Let $(X,\mathcal{S}, \mu)$ be a measure space with $X$ a locally compact Hausdorff space, $\mathcal{S}$ the Borel subsets of $X$ and $\mu$ a complex measure. Suppose that $$ \int_X f \ d\mu \in \mathbb{R} $$ for all $f\in C( X,\mathbb{R} )$ i.e. the continous functions from $X$ to $\mathbb{R}$. I want to know if this implies that $\mu$ is a real measure? Of course with $f\equiv1$ we have that $\mu(X) \in \mathbb{R}$, but does this necessarily implies that $\mu(E)\in \mathbb{R}$ for all $E \in \mathcal{S}?$
I am incline to think that $\mu$ must be a regular measure for this to happen.
Seems to me that you need to add a couple more hypothesis. As you say the fact that $\mu$ is regular is crucial, but you also need that $\int f d\mu \in \mathbb{R}$ for all $f \in C_c(X)$ (of course if $X$ is compact it self, then $C_c(X)=C(X)$)

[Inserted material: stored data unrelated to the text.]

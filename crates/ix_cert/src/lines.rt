ghost use Rattle.std.specs.Prelude.{◌≡◌, [], ◌∷◌, codes, IfOk};
ghost use Rattle.ix_cert.specs.Items.{IsItem, item_words};
ghost use Rattle.ix_lines.specs.Readings.{IsReading, texts};

use crate::fields::{bound, operation, two};
use crate::item::Item;
use crate::word::{is_name, mode, name};
use ix_bits::Memory;
use ix_lines::{counted, is_end, is_label, labelled, parted};
use std::alloc::Global;

/// The least amount of a bound in a flow.
const LEAST_AMOUNT: u64 = 1;

fn title(words: &[&[u8]]) -> Option<Item>
    ensures { IsReading IsItem item_words (codes "longnail" ∷ texts words.now) result }
{
    let Some((version, rest)) = labelled(words, b"report", 2) else {
        return None;
    };
    if version == 0 {
        return None;
    }
    if is_end(rest) {
        Some(Item::Title(version as u8))
    } else {
        None
    }
}

fn period(words: &[&[u8]]) -> Option<Item>
    ensures { IsReading IsItem item_words (codes "period" ∷ texts words.now) result }
{
    let Some((period, rest)) = counted(words, 1_000_000) else {
        return None;
    };
    if period == 0 {
        return None;
    }
    if is_end(rest) {
        Some(Item::Period(period as u32))
    } else {
        None
    }
}

/// A name and a mode.
fn behaviour(alloc: Global, words: &[&[u8]]) -> Result<Option<Item>, Memory>
    ensures { IfOk result (λ found. IsReading IsItem item_words (codes "behaviour" ∷ texts words.now) found) }
{
    let Some((first, behind_first)) = parted(words) else {
        return Ok(None);
    };
    let Some((second, rest)) = parted(behind_first) else {
        return Ok(None);
    };
    let Some(mode) = mode(second) else {
        return Ok(None);
    };
    if !is_name(first) || !is_end(rest) {
        return Ok(None);
    }
    Ok(Some(Item::Behaviour(name(alloc, first)?, mode)))
}

fn op(alloc: Global, words: &[&[u8]]) -> Result<Option<Item>, Memory>
    ensures { IfOk result (λ found. IsReading IsItem item_words (codes "op" ∷ texts words.now) found) }
{
    match operation(alloc, words)? {
        Some(op) => Ok(Some(Item::Op(op))),
        None => Ok(None),
    }
}

fn edge(words: &[&[u8]]) -> Option<Item>
    ensures { IsReading IsItem item_words (codes "edge" ∷ texts words.now) result }
{
    match two(words) {
        Some((from, to)) => Some(Item::Edge(from, to)),
        None => None,
    }
}

fn cost(words: &[&[u8]]) -> Option<Item>
    ensures { IsReading IsItem item_words (codes "cost" ∷ texts words.now) result }
{
    let Some((cost, rest)) = counted(words, u64::MAX) else {
        return None;
    };
    if is_end(rest) {
        Some(Item::Cost(cost))
    } else {
        None
    }
}

/// An amount above 0, and a bound.
fn flow(alloc: Global, words: &[&[u8]]) -> Result<Option<Item>, Memory>
    ensures { IfOk result (λ found. IsReading IsItem item_words (codes "flow" ∷ texts words.now) found) }
{
    let Some((amount, rest)) = counted(words, u64::MAX) else {
        return Ok(None);
    };
    if amount < LEAST_AMOUNT {
        return Ok(None);
    }
    match bound(alloc, rest)? {
        Some(bound) => Ok(Some(Item::Flow(amount, bound))),
        None => Ok(None),
    }
}

fn cycle(alloc: Global, words: &[&[u8]]) -> Result<Option<Item>, Memory>
    ensures { IfOk result (λ found. IsReading IsItem item_words (codes "cycle" ∷ texts words.now) found) }
{
    match bound(alloc, words)? {
        Some(bound) => Ok(Some(Item::Cycle(bound))),
        None => Ok(None),
    }
}

fn end(words: &[&[u8]]) -> Option<Item>
    ensures { IsReading IsItem item_words (codes "end" ∷ texts words.now) result }
{
    if is_end(words) { Some(Item::End) } else { None }
}

/// What the words of a line say, if they are those of a line of a report.
pub fn item_of(alloc: Global, words: &[&[u8]]) -> Result<Option<Item>, Memory>
    ensures { IfOk result (λ found. IsReading IsItem item_words (texts words.now) found) }
{
    let Some((label, rest)) = parted(words) else {
        return Ok(None);
    };
    if is_label(label, b"op") {
        return op(alloc, rest);
    }
    if is_label(label, b"edge") {
        return Ok(edge(rest));
    }
    if is_label(label, b"flow") {
        return flow(alloc, rest);
    }
    if is_label(label, b"cycle") {
        return cycle(alloc, rest);
    }
    if is_label(label, b"cost") {
        return Ok(cost(rest));
    }
    if is_label(label, b"end") {
        return Ok(end(rest));
    }
    if is_label(label, b"behaviour") {
        return behaviour(alloc, rest);
    }
    if is_label(label, b"period") {
        return Ok(period(rest));
    }
    if is_label(label, b"longnail") {
        return Ok(title(rest));
    }
    Ok(None)
}
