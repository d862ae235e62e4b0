ghost use Rattle.std.specs.Prelude.{◌≡◌, ℕ, ◌≤◌, [], ◌∷◌, map, decimal, codes, All, IfOk};
ghost use Rattle.ix_cert.specs.Items.{IsWidthRead, IsWeightRead, IsNodeRead, IsTime, IsWide, AreWide, IsBound, IsItem, IsOperation, time_words, op_words, bound_words, item_words, pair_words};
ghost use Rattle.ix_lines.specs.Readings.{IsReading, IsParted, IsCounted, IsLabelled, Tells, texts};

use crate::item::{Item, Operation};
use crate::word::{is_kind, name};
use ix_bits::{List, Memory};
use ix_lines::{counted, is_end, is_label, labelled, number, parted};
use ix_sheet::{Bound, Node};
use std::alloc::Global;

/// The greatest number of an operation that a bound or an edge can tell.
const MOST: u64 = 0xffff_ffff;

/// The weight behind `width`, from 1 to 128, and the words behind it.
fn width<'a, 'b>(words: &'a [&'b [u8]]) -> Option<(u8, &'a [&'b [u8]])>
    ensures { IsWidthRead (texts words.now) result }
{
    let Some((weight, rest)) = labelled(words, b"width", 128) else {
        return None;
    };
    if weight == 0 {
        return None;
    }
    Some((weight as u8, rest))
}

/// Whether a weight is told, the weight, and the words behind it.
fn weight<'a, 'b>(words: &'a [&'b [u8]]) -> (bool, u8, &'a [&'b [u8]])
    ensures { IsWeightRead (texts words.now) result }
{
    match width(words) {
        Some((weight, rest)) => (true, weight, rest),
        None => (false, 1, words),
    }
}

/// The numbers of an operation, whether its weight is told, and the words behind them.
fn node<'a, 'b>(words: &'a [&'b [u8]]) -> Option<(bool, Node, &'a [&'b [u8]])>
    ensures { IsNodeRead (texts words.now) result }
{
    let Some((delay, behind_delay)) = labelled(words, b"delay", 1_000_000) else {
        return None;
    };
    let Some((latency, behind_latency)) = labelled(behind_delay, b"latency", 255) else {
        return None;
    };
    let (weighted, weight, behind_weight) = weight(behind_latency);
    let Some((early, behind_early)) = labelled(behind_weight, b"early", 255) else {
        return None;
    };
    let Some((late, rest)) = labelled(behind_early, b"late", 255) else {
        return None;
    };
    let node = Node {
        delay: delay as u32,
        latency: latency as u8,
        weight,
        early: early as u8,
        late: late as u8,
    };
    Some((weighted, node, rest))
}

/// The time at the end of an operation's line, if it has one there.
fn time(words: &[&[u8]]) -> Option<Option<u8>>
    ensures { IsReading IsTime time_words (texts words.now) result }
{
    if is_end(words) {
        return Some(None);
    }
    let Some((time, rest)) = labelled(words, b"time", 255) else {
        return None;
    };
    if is_end(rest) {
        Some(Some(time as u8))
    } else {
        None
    }
}

/// An operation by the words behind `op`.
pub fn operation(alloc: Global, words: &[&[u8]]) -> Result<Option<Operation>, Memory>
    ensures { IfOk result (λ found. IsReading IsOperation op_words (texts words.now) found) }
{
    let Some((place, behind_place)) = counted(words, 65_535) else {
        return Ok(None);
    };
    let Some((kind, behind_kind)) = parted(behind_place) else {
        return Ok(None);
    };
    if !is_kind(kind) {
        return Ok(None);
    }
    let Some((weighted, node, rest)) = node(behind_kind) else {
        return Ok(None);
    };
    let Some(time) = time(rest) else {
        return Ok(None);
    };
    Ok(Some(Operation {
        weighted,
        place: place as u32,
        kind: name(alloc, kind)?,
        node,
        time,
    }))
}

/// The numbers that words are.
fn path(alloc: Global, words: &[&[u8]]) -> Result<Option<List<u32>>, Memory>
    ensures { IfOk result (λ found. IsReading (All IsWide) (map decimal) (texts words.now) found) }
{
    let mut path = List::new(alloc);
    for word in words {
        match number(*word, MOST) {
            Some(number) => {
                let Ok(()) = path.push(number as u32) else {
                    drop(path);
                    return Err(Memory);
                };
            }
            None => {
                drop(path);
                return Ok(None);
            }
        }
    }
    Ok(Some(path))
}

/// The one number that words are.
fn one(words: &[&[u8]]) -> Option<u32>
    ensures { IsReading IsWide (λ n. decimal n ∷ []) (texts words.now) result }
{
    let Some((number, rest)) = counted(words, MOST) else {
        return None;
    };
    if is_end(rest) {
        Some(number as u32)
    } else {
        None
    }
}

/// The two numbers that words are.
pub fn two(words: &[&[u8]]) -> Option<(u32, u32)>
    ensures { IsReading AreWide pair_words (texts words.now) result }
{
    let Some((first, rest)) = counted(words, MOST) else {
        return None;
    };
    match one(rest) {
        Some(second) => Some((first as u32, second)),
        None => None,
    }
}

/// The bound that words are.
pub fn bound(alloc: Global, words: &[&[u8]]) -> Result<Option<Bound>, Memory>
    ensures { IfOk result (λ found. IsReading IsBound bound_words (texts words.now) found) }
{
    let Some((label, rest)) = parted(words) else {
        return Ok(None);
    };
    if is_label(label, b"early") {
        return Ok(early(rest));
    }
    if is_label(label, b"late") {
        return Ok(late(rest));
    }
    if is_label(label, b"dep") {
        return Ok(dep(rest));
    }
    if is_label(label, b"chain") {
        return chain(alloc, rest);
    }
    Ok(None)
}

fn early(words: &[&[u8]]) -> Option<Bound>
    ensures { IsReading IsBound bound_words (codes "early" ∷ texts words.now) result }
{
    match one(words) {
        Some(op) => Some(Bound::Early(op)),
        None => None,
    }
}

fn late(words: &[&[u8]]) -> Option<Bound>
    ensures { IsReading IsBound bound_words (codes "late" ∷ texts words.now) result }
{
    match one(words) {
        Some(op) => Some(Bound::Late(op)),
        None => None,
    }
}

fn dep(words: &[&[u8]]) -> Option<Bound>
    ensures { IsReading IsBound bound_words (codes "dep" ∷ texts words.now) result }
{
    match two(words) {
        Some((from, to)) => Some(Bound::Dep(from, to)),
        None => None,
    }
}

fn chain(alloc: Global, words: &[&[u8]]) -> Result<Option<Bound>, Memory>
    ensures { IfOk result (λ found. IsReading IsBound bound_words (codes "chain" ∷ texts words.now) found) }
{
    if is_end(words) {
        return Ok(None);
    }
    match path(alloc, words)? {
        Some(path) => Ok(Some(Bound::Chain(path))),
        None => Ok(None),
    }
}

With all this, then indeed $\mu$ is a real measure. To prove it, take any $E \in \mathcal{S}$, now since $C_c(X)$ is dense in $L^1(X, \mu)$, we can find a sequence $(f_n)_n \subset C_c(X)$ such that $\|f_n-\chi_{E}\|_1 \to 0$ as $n \to \infty$. Moreover since $\mu$ is a complex regular measure, then $|\mu|(X)<\infty$, so $$ \left| \int (f_n-\chi_{E}) d\mu \right| \leq \|f_n-\chi_{E}\|_1 |\mu|(X) \to 0\text{ as $n \to \infty$} $$ and therefore $$ \mu(E) = \int \chi_E d\mu = \lim_{n \to \infty} \int f_n d\mu \in \mathbb{R} $$ since by the hypothesis each $\int f_n d\mu \in \mathbb{R}$.